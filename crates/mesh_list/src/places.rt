// Where a key stands in a list, and where it belongs.
ghost use Rattle.std.specs.Prelude.{◌≡◌, true, ◌≤◌, length, IsTrue, OnOk, OnErr};
ghost use Rattle.std.specs.Option.{option_copied};
ghost use Rattle.mesh_list.specs.Keyed.{found, placed, without, exchanged, ascends, place_of, first_at};

use crate::keyed::Keyed;
use crate::memory::Memory;

// The number of items in front of the first whose key is not below this key, by halves.
fn seek<T: Keyed>(items: &[T], key: &T::Key) -> usize
    requires { ascends T.order T.key items.now ≡ true }
    ensures place { result ≡ place_of T.order T.key key.now items.now }
    ensures within { result ≤ length items.now }
{
    let mut low = 0;
    let mut high = items.len();
    while low < high {
        let middle = low + (high - low) / 2;
        if items[middle].compare(key).is_lt() {
            low = middle + 1;
        } else {
            high = middle;
        }
    }
    low
}

// The same for the key of an item.
fn seek_item<T: Keyed>(items: &[T], item: &T) -> usize
    requires { ascends T.order T.key items.now ≡ true }
    ensures place { result ≡ place_of T.order T.key (T.key item.now) items.now }
    ensures within { result ≤ length items.now }
{
    let mut low = 0;
    let mut high = items.len();
    while low < high {
        let middle = low + (high - low) / 2;
        if items[middle].against(item).is_lt() {
            low = middle + 1;
        } else {
            high = middle;
        }
    }
    low
}

// The same where the list need not ascend, from the front.
fn walk_to<T: Keyed>(items: &[T], item: &T) -> usize
    ensures place { result ≡ place_of T.order T.key (T.key item.now) items.now }
    ensures within { result ≤ length items.now }
{
    for (i, other) in items.iter().enumerate() {
        if !other.against(item).is_lt() {
            return i;
        }
    }
    items.len()
}

// The number of items in front of the first whose key is not below that of this item.
fn belongs_at<T: Keyed>(items: &[T], ascending: bool, item: &T) -> usize
    requires { IsTrue ascending → ascends T.order T.key items.now ≡ true }
    ensures place { result ≡ place_of T.order T.key (T.key item.now) items.now }
    ensures within { result ≤ length items.now }
{
    if ascending {
        seek_item(items, item)
    } else {
        walk_to(items, item)
    }
}

// Where the item with this key stands, by halves.
fn stands_at<T: Keyed>(items: &[T], key: &T::Key) -> Option<usize>
    requires { ascends T.order T.key items.now ≡ true }
    ensures { result ≡ first_at T.order T.key key.now items.now }
{
    let at = seek(items, key);
    if at == items.len() {
        return None;
    }
    if items[at].compare(key).is_eq() {
        return Some(at);
    }
    None
}

// The same where the list need not ascend, from the front.
fn met_at<T: Keyed>(items: &[T], key: &T::Key) -> Option<usize>
    ensures { result ≡ first_at T.order T.key key.now items.now }
{
    for (i, item) in items.iter().enumerate() {
        if item.compare(key).is_eq() {
            return Some(i);
        }
    }
    None
}

// Where the first item with this key stands.
fn key_at<T: Keyed>(items: &[T], ascending: bool, key: &T::Key) -> Option<usize>
    requires { IsTrue ascending → ascends T.order T.key items.now ≡ true }
    ensures { result ≡ first_at T.order T.key key.now items.now }
{
    if ascending {
        stands_at(items, key)
    } else {
        met_at(items, key)
    }
}

// Where an item with the key of this one stands, by halves.
fn like_stands_at<T: Keyed>(items: &[T], item: &T) -> Option<usize>
    requires { ascends T.order T.key items.now ≡ true }
    ensures { result ≡ first_at T.order T.key (T.key item.now) items.now }
{
    let at = seek_item(items, item);
    if at == items.len() {
        return None;
    }
    if items[at].against(item).is_eq() {
        return Some(at);
    }
    None
}

// The same where the list need not ascend, from the front.
fn like_met_at<T: Keyed>(items: &[T], item: &T) -> Option<usize>
    ensures { result ≡ first_at T.order T.key (T.key item.now) items.now }
{
    for (i, other) in items.iter().enumerate() {
        if other.against(item).is_eq() {
            return Some(i);
        }
    }
    None
}

// Where the first item with the key of this one stands.
fn like_at<T: Keyed>(items: &[T], ascending: bool, item: &T) -> Option<usize>
    requires { IsTrue ascending → ascends T.order T.key items.now ≡ true }
    ensures { result ≡ first_at T.order T.key (T.key item.now) items.now }
{
    if ascending {
        like_stands_at(items, item)
    } else {
        like_met_at(items, item)
    }
}

// The first item with this key.
pub(crate) fn find_in<'a, T: Keyed>(items: &'a [T], ascending: bool, key: &T::Key) -> Option<&'a T>
    requires { IsTrue ascending → ascends T.order T.key items.now ≡ true }
    ensures { option_copied result ≡ found T.order T.key key.now items.now }
{
    match key_at(items, ascending, key) {
        Some(at) => Some(&items[at]),
        None => None,
    }
}

// Takes the first item with this key out.
pub(crate) fn remove_in<T: Keyed>(items: &mut Vec<T>, ascending: bool, key: &T::Key) -> Option<T>
    requires { IsTrue ascending → ascends T.order T.key items.old.items ≡ true }
    ensures value { result ≡ found T.order T.key key.now items.old.items }
    ensures rest { items.new.items ≡ without T.order T.key key.now items.old.items }
{
    match key_at(items.as_slice(), ascending, key) {
        Some(at) => Some(items.remove(at)),
        None => None,
    }
}

// Puts an item where the first with its key stands, and answers that.
pub(crate) fn exchange_in<T: Keyed>(items: &mut Vec<T>, ascending: bool, item: T) -> Option<T>
    requires { IsTrue ascending → ascends T.order T.key items.old.items ≡ true }
    ensures value { result ≡ found T.order T.key (T.key item) items.old.items }
    ensures rest { items.new.items ≡ exchanged T.order T.key item items.old.items }
{
    match like_at(items.as_slice(), ascending, &item) {
        Some(at) => Some(std::mem::replace(&mut items[at], item)),
        None => None,
    }
}

// Puts an item at its place, instead of the one that had its key.
pub(crate) fn place_in<T: Keyed>(items: &mut Vec<T>, ascending: bool, item: T) -> Result<(), Memory>
    requires { IsTrue ascending → ascends T.order T.key items.old.items ≡ true }
    ensures ok { OnOk result (items.new.items ≡ placed T.order T.key item items.old.items) }
    ensures err { OnErr result (items.new.items ≡ items.old.items) }
{
    let at = belongs_at(items.as_slice(), ascending, &item);
    if at == items.len() {
        items.push(item)?;
        return Ok(());
    }
    if items[at].against(&item).is_eq() {
        items[at] = item;
        return Ok(());
    }
    items.insert(at, item)?;
    Ok(())
}

// Whether each key is below the next.
pub(crate) fn is_ascending<T: Keyed>(items: &[T]) -> bool
    ensures { IsTrue result → ascends T.order T.key items.now ≡ true }
{
    for i in 1..items.len() {
        if !items[i - 1].against(&items[i]).is_lt() {
            return false;
        }
    }
    true
}
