// Values at the end of a list.
ghost use Rattle.std.specs.Prelude.{◌≡◌, [], ◌∷◌, ◌++◌, Ok, OnOk};

use crate::memory::Memory;
use crate::seqs::Seq;

/// Puts the value of an answer at the end, where it has one.
pub fn push_made<T: Drop>(list: &mut Seq<T>, item: Result<T, Memory>) -> Result<(), Memory>
    ensures { OnOk result ((x : T) × (item ≡ Ok x) × (list.new ≡ list.old ++ x ∷ [])) }
{
    let x = item?;
    list.push(x)
}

-=-=-=-=-

== WHAT IS NEEDED ==
Your answer should be the lines above, from the line containing "Some(at) => Some(std::mem::replace(&mut" up to and including the line containing "end of a list.", reproduced exactly and with nothing else.

== EXERCISE SOLUTION ==
        Some(at) => Some(std::mem::replace(&mut items[at], item)),
        None => None,
    }
}

// Puts an item at its place, instead of the one that had its key.
pub(crate) fn place_in<T: Keyed>(items: &mut Vec<T>, ascending: bool, item: T) -> Result<(), Memory>
    requires { IsTrue ascending → ascends T.order T.key items.old.items ≡ true }
    ensures ok { OnOk result (items.new.items ≡ placed T.order T.key item items.old.items) }
    ensures err { OnErr result (items.new.items ≡ items.old.items) }
{
    let at = belongs_at(items.as_slice(), ascending, &item);
    if at == items.len() {
        items.push(item)?;
        return Ok(());
    }
    if items[at].against(&item).is_eq() {
        items[at] = item;
        return Ok(());
    }
    items.insert(at, item)?;
    Ok(())
}

// Whether each key is below the next.
pub(crate) fn is_ascending<T: Keyed>(items: &[T]) -> bool
    ensures { IsTrue result → ascends T.order T.key items.now ≡ true }
{
    for i in 1..items.len() {
        if !items[i - 1].against(&items[i]).is_lt() {
            return false;
        }
    }
    true
}
// Values at the end of a list.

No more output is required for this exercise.